A federal indictment alleges that the now-defunct New England Compounding Center reaped millions of dollars by cutting corners in the manufacture of what were supposed to be sterile drugs, falsifying records, using expired ingredients and lying to clients about their safety. The result was that drugs became contaminated with fungal meningitis, infecting hundreds and killing 64 people. Now federal prosecutors say 14 NECC employees, from a majority shareholder to technicians, need to pay the consequences, and that might include going to jail.

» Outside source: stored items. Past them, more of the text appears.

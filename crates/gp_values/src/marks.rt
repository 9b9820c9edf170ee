//! The marks of nodes and edges. Those of edges are ordered as they are listed.

/// The mark of a node of a host graph (Bak 2015, "Marks").
#[derive(Clone, Copy, PartialEq, Eq)]
pub enum NodeMark {
    None,
    Red,
    Green,
    Blue,
    Grey,
}

/// The mark of an edge of a host graph.
#[derive(Clone, Copy, PartialEq, Eq, PartialOrd, Ord)]
pub enum EdgeMark {
    None,
    Red,
    Green,
    Blue,
    Dashed,
}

|A CDC case count map for the 2012 meningitis outbreak (Click for a larger version)|
The allegations were laid out in a 73-page indictment handed up by a federal grand jury on Wednesday in Massachusetts, the Department of Justice (DOJ) announced on Wednesday. Among the allegations is that NECC often cut short the autoclaving of drugs, slighted sterility testing and when tests did find microbial growth, the company did not recall suspect drugs. The result was production of a steroid that was tainted by fungus, sickening patients who had it injected to treat their pain.
"As alleged in the indictment, these employees knew they were producing their medication in an unsafe manner and in insanitary conditions, and authorized it to be shipped out anyway, with fatal results," said Attorney General Eric Holder in a DOJ release.
Eleven of the 14 were arrested Wednesday, Bloomberg reported. Among those indicted are Greg, Douglas and Carla Conigliaro, shareholders of the company; Gene Svirskiy, a supervising pharmacist in one of the "clean rooms" and Robert Ronzio, the company's national sales director. Barry Cadden, NECC's former president and lead pharmacist, and Glenn Chin, a supervising pharmacist who was arrested at a Boston airport in September before leaving the country, have been accused of second-degree murder in the deaths and face up to life in prison.
The 2012 outbreak shined a spotlight on the growth of the drug compounding industry, where large operations were mass-producing drugs and using sales forces to market them nationally. The outbreak raised serious questions about why the FDA was not inspecting most compounding facilities and led to Congress passing the Drug Quality and Security Act, which gives the FDA new, but limited, powers to oversee compounding pharmacies that volunteer to be regulated. While it did not get the authority it sought, the agency has been aggressive with violators and this month elicited a guilty plea to a federal criminal misdemeanor from the co-owner of Main Street Family Pharmacy, a Tennessee-based compounding pharmacy. The case was tied to its sales of a contaminated steroid that caused 26 people to become ill.
NECC was shut down in October 2012 after authorities traced the outbreak to its facility that produced a tainted steroid, which was distributed to health providers in 20 states. It declared bankruptcy two months later. Earlier this month, a new plan was filed with a bankruptcy court to establish a fund of at least $135 million to compensate victims and families affected by the outbreak.